A Factory pattern can indeed be integrated with the Proxy pattern, particularly when dynamic creation of proxies is required, such as in systems with multiple proxy types or where proxies are selected based on runtime conditions.

Microservices Architecture: Features and Benefits

Martin Fowler’s microservices paradigm emphasizes decomposition of applications into small, independent services focusing on specific functionalities. Key features include decentralized data management, autonomous development teams, and continuous deployment.

Unlike monolithic applications, which bundle all functionalities into a single unit, microservices are componentized into distinct modules, each responsible for a particular business capability. This division facilitates scalability, resilience, and technology diversity.

Teams are typically organized around services, enabling independent deployment and updates, which contrasts with monolithic structures where tight coupling complicates modifications.

Data management in microservices is decentralized, allowing each service its data store, which increases flexibility and prevents data bottlenecks. Monitoring becomes vital to detect failures early and maintain system health, aligning with designing for failure principles that encourage fault tolerance.

Microservices – Advantages and Disadvantages

Advantages include improved scalability, resilience, and faster deployment cycles. Disadvantages encompass increased complexity in managing distributed systems, challenges in data consistency, and potential overhead in inter-service communication.

Preconditions for Microservices Adoption

Organizations should have mature DevOps culture, automated deployment pipelines, and comprehensive monitoring systems before adopting microservices. Additionally, teams must be skilled in distributed system design, and the system should benefit from separation of concerns.

Performance and Usability Scenario for BDSS

Performance Scenario: When the number of users subscribing to event notifications exceeds 10,000 simultaneously, the system experiences significant latency in sending emails, leading to delayed notifications and decreased user satisfaction. This scenario tests the system’s capacity to handle high load efficiently and ensure prompt delivery of notifications.

Applying Black Box Testing Principles

Test planning involves analyzing input parameters—such as email address length, event category validity, and location data—to define boundary conditions and typical cases. Principles include partitioning input data into equivalence classes, covering valid, invalid, and edge cases. For example, testing maximum and minimum weight limits for a letter, or invalid dimensions exceeding allowed sizes, adheres to the Design by Contract precondition requirements. Estimating minimal test cases requires identifying representative classes and boundary values; typically, a set of five to ten tests suffices to cover the critical input space.

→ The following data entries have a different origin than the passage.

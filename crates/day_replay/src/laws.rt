// What holds of every verdict.
ghost use Rattle.day_replay.specs.Laws.{EachSummaryHasOneVerdict, EachTextHasOneVerdict};

/// Each text has one verdict, as the text of a day or as the summary of a made day.
pub fn verdicts_are_unique()
    ensures texts { EachTextHasOneVerdict }
    ensures summaries { EachSummaryHasOneVerdict }
{}
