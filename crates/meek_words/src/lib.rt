//! The words of the command line, read as a command.
//!
//! A [`Command`] is what the program is asked to do, with its settings. [`LotWords`] is the order of
//! lots as it was typed, before anybody compares it with a roll. [`WordsStop`] says why no command
//! came of the words, and [`PushBack`] hands back a number for which there was no memory.
#![tactic(auto)]

mod command;
mod found;
mod laws;
mod limits;
mod lot_words;
mod lots;
mod numeral;
mod option_name;
mod push_back;
mod spelling;
mod stood;
mod values;
mod words;
mod words_stop;

pub use command::Command;
pub use laws::{words_have_one_command, words_have_one_lot_list};
pub use lot_words::LotWords;
pub use lots::read_lots;
pub use push_back::PushBack;
pub use words::read_words;
pub use words_stop::WordsStop;
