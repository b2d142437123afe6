//! Ballot files: the [`Election`] that a file says, or the [`InputFault`] for which it is refused. Rolls
//! and ballot lines are read by themselves too, for other files that have them. [`read_blt_into`] puts the
//! ballots into any [`packed_ballots::BallotStore`], as a [`StoredElection`].
//!
//! The tokens of a file and its refusals are those of any file, from the crate `input_text`, and their
//! types are passed on; `BltStop` is the `InputStop` of there.
#![tactic(auto)]

mod election;
mod files;
mod laws;
mod line_bounds;
mod line_reader;
mod lines;
mod named;
mod names;
mod opening;
mod rolls;
mod worked;

pub use election::{Election, StoredElection};
pub use files::{read_blt, read_blt_by, read_blt_into};
pub use input_text::{FaultKind, InputFault, InputStop as BltStop, Next, Token, Tokens, What};
pub use laws::{
    accepts_files, accepts_rolls, expects_lines_rightly, expects_rightly, expects_rolls_rightly,
    follows_open_lists, has_one_poll, refuses_all_else, refuses_by_the_rule,
    refuses_rolls_by_the_rule,
};
pub use line_bounds::LineBounds;
pub use line_reader::{LineReader, OneByOne};
pub use lines::{LinePiece, read_lines, read_lines_on, read_piece};
pub use rolls::read_roll;
pub use worked::worked_files;
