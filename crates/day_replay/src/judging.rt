// A text judged by the day of a file.
ghost use Rattle.std.specs.Prelude.{◌≡◌, ◌≤◌, IfOk, length, map};
ghost use Rattle.day_reader.specs.Said.{AreScripts};
ghost use Rattle.sheet_check.specs.Comparison.{IsCompared};
ghost use Rattle.day_lines.specs.DayText.{IsDayText, roll_with};
ghost use Rattle.day_sheets.specs.Frozen.{AreFrozen};
ghost use Rattle.day_replay.specs.Judged.{DiffersFromNearest, IsDayVerdict, day_of};

use crate::comparing::first_difference;
use crate::frozen_sheets::{places_of, rolls_of};
use crate::standing::versions_of;
use crate::{DayVerdict, Frozen, NoMemory, follow};
use candidate_roll::Roll;
use day_lines::Terms;
use day_reader::{Day, Scripts};
use day_sheets::DayText;
use std::alloc::Global;
use std::thread::Threads;

/// The verdict on a text that is held to be the text of a day. The day's calls are made again in the order
/// that the text's lines say, for as long as there is one; what such a day writes is compared with the
/// text as it comes, and kept nowhere.
pub fn judge<R: Threads + Sync>(
    rt: &R,
    alloc: Global,
    text: &[u8],
    day: Day,
) -> Result<DayVerdict, NoMemory>
    requires scripts { AreScripts (length day.roll.names) day.scripts }
    requires lots { length day.lots ≡ length day.roll.names }
    requires places { (6 ≤ day.places) × (day.places ≤ 9) }
    ensures { IfOk result (IsDayVerdict day text.now) }
{
    let Day {
        roll,
        lots,
        places,
        omega,
        scripts,
    } = day;
    let terms = Terms {
        places,
        omega,
        roll,
        lots,
    };
    judge_by(rt, alloc, text, &terms, scripts)
}

/// The same by the day's terms and its scripts.
fn judge_by<R: Threads + Sync>(
    rt: &R,
    alloc: Global,
    text: &[u8],
    terms: &Terms,
    scripts: Scripts,
) -> Result<DayVerdict, NoMemory>
    requires scripts { AreScripts (length terms.now.roll.names) scripts }
    requires lots { length terms.now.lots ≡ length terms.now.roll.names }
    requires places { (6 ≤ terms.now.places) × (terms.now.places ≤ 9) }
    ensures { IfOk result (IsDayVerdict (day_of terms.now scripts) text.now) }
{
    let _units = terms.omega.units();
    let _order = terms.lots.candidates();
    let _candidates = terms.roll.candidates();
    match difference_in(rt, alloc, text, terms, scripts)? {
        None => Ok(DayVerdict::True),
        Some(n) => Ok(DayVerdict::False(n)),
    }
}

/// The first line in which a text differs from the text of the history of these scripts that is nearest to it.
fn difference_in<R: Threads + Sync>(
    rt: &R,
    alloc: Global,
    text: &[u8],
    terms: &Terms,
    scripts: Scripts,
) -> Result<Option<u64>, NoMemory>
    requires places { (6 ≤ terms.now.places) × (terms.now.places ≤ 9) }
    requires lots_of_all { length terms.now.lots ≡ length terms.now.roll.names }
    requires scripts { AreScripts (length terms.now.roll.names) scripts }
    ensures { IfOk result (DiffersFromNearest terms.now scripts text.now) }
{
    let candidates = terms.roll.candidates();
    let history = follow(alloc, candidates, scripts, text)?;
    let frozen = versions_of(rt, alloc, candidates, &history)?;
    let rolls = rolls_of(alloc, &terms.roll, frozen.as_slice())?;
    let places = places_of(alloc, frozen.as_slice())?;
    let due = DayText {
        history: &history,
        places: places.as_slice(),
    };
    difference_at(rt, alloc, text, terms, rolls.as_slice(), &due, frozen)
}

/// The first line in which a text differs from the text of this history at the places that the day says.
fn difference_at<R: Threads + Sync>(
    rt: &R,
    alloc: Global,
    text: &[u8],
    terms: &Terms,
    rolls: &[Roll],
    due: &DayText<'_>,
    frozen: Vec<Frozen>,
) -> Result<Option<u64>, NoMemory>
    requires places { (6 ≤ terms.now.places) × (terms.now.places ≤ 9) }
    requires lots_of_all { length terms.now.lots ≡ length terms.now.roll.names }
    requires frozen { AreFrozen (length terms.now.roll.names) due.now.history.now frozen.items }
    requires rolls { rolls.now ≡ map (λ version. roll_with terms.now.roll version.struck) frozen.items }
    requires freezes { due.now.places.now ≡ map (λ version. version.at) frozen.items }
    ensures { IfOk result (IsCompared (IsDayText terms.now due.now.history.now) text.now) }
{
    macro_rules! at_places {
        ($($at:literal)*) => {
            match terms.places {
                $($at => first_difference::<$at, R>(rt, alloc, text, terms, rolls, due, frozen),)*
                _ => unreachable!(),
            }
        };
    }
    at_places!(6 7 8 9)
}
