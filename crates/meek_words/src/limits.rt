/// The words may ask for at most so many shards.
pub(crate) const MOST_SHARDS: u32 = 64;

/// The words may ask for at most so many workers.
pub(crate) const MOST_WORKERS: u32 = 32;

/// How many shards there are where the words say nothing of them.
pub(crate) const SHARDS: u32 = 8;

/// How many workers there are where the words say nothing of them.
pub(crate) const WORKERS: u32 = 4;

Java Method Precondition Assertion

An example assertion to verify preconditions could be:

assert weight > 0 && weight 

Impact of Design by Contract on Unit Testing

Design by Contract simplifies unit testing by explicitly defining preconditions and postconditions, which serve as clear fail points for invalid inputs and incorrect outputs, enabling automated verification of method correctness with minimal supplementary tests.

Code Metrics and Complexity Analysis

Sample codes—a method with multiple conditionals and loops—are chosen to illustrate differences in LOC and cyclomatic complexity. Calculations show that code with nested conditionals increases complexity, guiding refactoring decisions towards smaller, more maintainable units.

Conclusion

In summary, understanding stakeholder concerns, architectural styles, design patterns, and quality metrics is essential for developing robust, scalable, and maintainable software systems. Employing patterns like MVC and Proxy, alongside microservice architecture, supports these goals, while metrics inform ongoing improvements in code quality.